# Not Happy



## Actrosman (Oct 23, 2013)

So.....finished work extra late for a change (3am) and after a short drive home and being tired, I couldn't be bothered to mess about with our double gates & the garage door and put the car in the garage and with it getting light, I wanted to be in bed before the birds started singing.....lesson learnt





Bloody school run mums and it turns out, they live around a 1 minute drive away.....unfrickingbelievable! She came round (after a phone call) armed with hubby as she must've passed me every Friday when I've been cleaning it and realised there could be a handful or 2 of brown stuff! He allegedly works in a body shop and said it would pop back in and most of it could be polished out!
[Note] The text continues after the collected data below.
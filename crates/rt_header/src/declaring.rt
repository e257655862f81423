// The header of sketches.
ghost use Rattle.std.specs.Prelude.{◌≡◌, ◌++◌, ◌∷◌, [], ◌<◌, All, IfOk, OnOk, ℕ, length, map};
ghost use Rattle.std.specs.List.Sorted.{IsStrictlyIncreasing};
ghost use Rattle.rt_lattice.specs.Lattices.{size_of};
ghost use Rattle.rt_sketch.specs.Sketches.{HasMarksBelow};
ghost use Rattle.rt_tree.specs.Trees.{Nodes};
ghost use Rattle.rt_cdecl.specs.GoodDecls.{IsGoodDecls, function_numbers, used_types};
ghost use Rattle.rt_cdecl.specs.Types.{IsTypedef};
ghost use Rattle.rt_header.specs.Inside.Whole.{AreDeclared, AreWhole, HasTypedefs};
ghost use Rattle.rt_header.specs.Headers.{IsHeaderOf};

use crate::forest::Forest;
use crate::function::function_of;
use crate::making::Making;
use crate::structs::search;
use rt_base::{Memory, Sequence};
use rt_cdecl::{CFunctions, CStructs, Decls, typedefs};
use rt_lattice::Lattice;
use rt_sketch::Sketch;
use std::alloc::Global;

/// Sketches, each with the number of its procedure.
pub type Sketches = Sequence<(u32, Sketch)>;

// The structs and functions of a header.
#[derive(Drop)]
struct Parts {
    structs: CStructs,
    functions: CFunctions,
}

// Declares the function of the next tree, with the number of its procedure, and the structs that it is the first to
// lead to.
fn declare(
    alloc: Global,
    forest: &Forest,
    making: &mut Making,
    structs: &mut CStructs,
    functions: &mut CFunctions,
    number: u32,
) -> Result<(), Memory>
    requires declared { AreDeclared forest.now making.old.structs.items making.old.numbers.items structs.old functions.old }
    requires tree { length functions.old < length forest.now.trees }
    ensures declared { OnOk result (AreDeclared forest.now making.new.structs.items making.new.numbers.items
        structs.new functions.new) }
    ensures number { OnOk result (function_numbers functions.new ≡ function_numbers functions.old ++ number ∷ []) }
{
    let function = function_of(alloc, forest, making, functions.len(), number)?;
    functions.push(function)?;
    search(alloc, forest, making, structs)?;
    Ok(())
}

// The structs and functions of the trees of sketches.
fn parts_of(alloc: Global, forest: &Forest, sketches: &Sketches) -> Result<Parts, Memory>
    requires { forest.now.trees ≡ map (λ (s : ℕ × Nodes). s.1) sketches.now }
    ensures whole { IfOk result (λ parts. AreWhole forest.now parts.structs parts.functions) }
    ensures numbers { IfOk result (λ parts.
        function_numbers parts.functions ≡ map (λ (s : ℕ × Nodes). s.0) sketches.now) }
{
    let mut making = Making::new(alloc, forest)?;
    let mut structs = Sequence::new(alloc);
    let mut functions = Sequence::new(alloc);
    for sketch in sketches.items() {
        declare(
            alloc,
            forest,
            &mut making,
            &mut structs,
            &mut functions,
            sketch.0,
        )?;
    }
    Ok(Parts { structs, functions })
}

// The declarations of structs and functions, with the types that they use.
fn decls_of(alloc: Global, parts: Parts) -> Result<Decls, Memory>
    requires { All IsTypedef (used_types parts.structs parts.functions) }
    ensures structs { IfOk result (λ decls. decls.structs ≡ parts.structs) }
    ensures functions { IfOk result (λ decls. decls.functions ≡ parts.functions) }
    ensures typedefs { IfOk result HasTypedefs }
{
    let Parts { structs, functions } = parts;
    let typedefs = typedefs(alloc, structs.items(), functions.items())?;
    Ok(Decls {
        typedefs,
        structs,
        functions,
    })
}

/// The declarations of procedures by their sketches. Structs are numbered as they are first met: breadth first from the
/// arguments and then the results of each procedure, procedures in their order, fields by offset. The error is out of
/// memory, or of numbers of 32 bits.
pub fn header(alloc: Global, sketches: &Sketches, lattice: &Lattice) -> Result<Decls, Memory>
    requires ascending { IsStrictlyIncreasing (map (λ (s : ℕ × Nodes). s.0) sketches.now) }
    requires marks { All (λ (s : ℕ × Nodes). HasMarksBelow (size_of lattice.now) s.1) sketches.now }
    ensures good { IfOk result IsGoodDecls }
    ensures header { IfOk result (IsHeaderOf lattice.now sketches.now) }
{
    let forest = Forest::of(alloc, sketches, lattice)?;
    let parts = parts_of(alloc, &forest, sketches)?;
    let decls = decls_of(alloc, parts)?;
    Ok(decls)
}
We'll see how this pans out but by coincidence, we use the same insurance company so shouldn't take long..... *touches wood


----------



## fatdazza (Dec 29, 2010)

Actrosman said:


> So.....finished work extra late for a change (3am) and after a short drive home and being tired, I couldn't be bothered to mess about with our double gates & the garage door and put the car in the garage and with it getting light, I wanted to be in bed before the birds started singing.....lesson learnt
> 
> 
> 
> ...


Certainly wouldn't let him "fix" it for you.
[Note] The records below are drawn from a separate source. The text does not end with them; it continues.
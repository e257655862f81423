//! The law of headers: a function that does nothing, for the law that it ensures.
ghost use Rattle.rt_header.specs.Laws.{OneHeaderOf};

/// Sketches have one header: the declarations are determined by what they say of arguments, results, pointers and fields,
/// since structs differ and are numbered as they are first met.
pub fn one_header_of()
    ensures { OneHeaderOf }
{}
Go through insurance, it is clearly his fault so you should be able to choose which bodyshop.


----------



## JCoxy (Dec 21, 2011)

No way will it "polish up" You can repair that, but most bodyshops may want to put a new bumper on there


----------



## sshooie (May 15, 2007)

I insisted on a new bumper after someone ran into the wife, a couple of body shops wanted to repair it, I also made it clear I wanted to see the old one too.


----------



## Sicskate (Oct 3, 2012)

Yeah, as above really. 

You might be lucky as Ford might still sell the bumpers already painted.


----------



## GSD (Feb 6, 2011)

Horrid thing to happen but at least they contacted you many would have thought sod it.


----------



## Cookies (Dec 10, 2008)

That's awful, but at least they had the decency to make contact chum. 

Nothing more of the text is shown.